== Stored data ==

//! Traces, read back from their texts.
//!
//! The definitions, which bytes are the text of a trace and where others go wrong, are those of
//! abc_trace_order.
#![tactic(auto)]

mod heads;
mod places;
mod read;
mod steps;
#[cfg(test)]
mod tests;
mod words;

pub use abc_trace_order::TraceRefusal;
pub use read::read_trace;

== To do ==
Restate each entry word for word.

== Result of the task ==
//! Traces, read back from their texts.
//!
//! The definitions, which bytes are the text of a trace and where others go wrong, are those of
//! abc_trace_order.
#![tactic(auto)]

mod heads;
mod places;
mod read;
mod steps;
#[cfg(test)]
mod tests;
mod words;

pub use abc_trace_order::TraceRefusal;
pub use read::read_trace;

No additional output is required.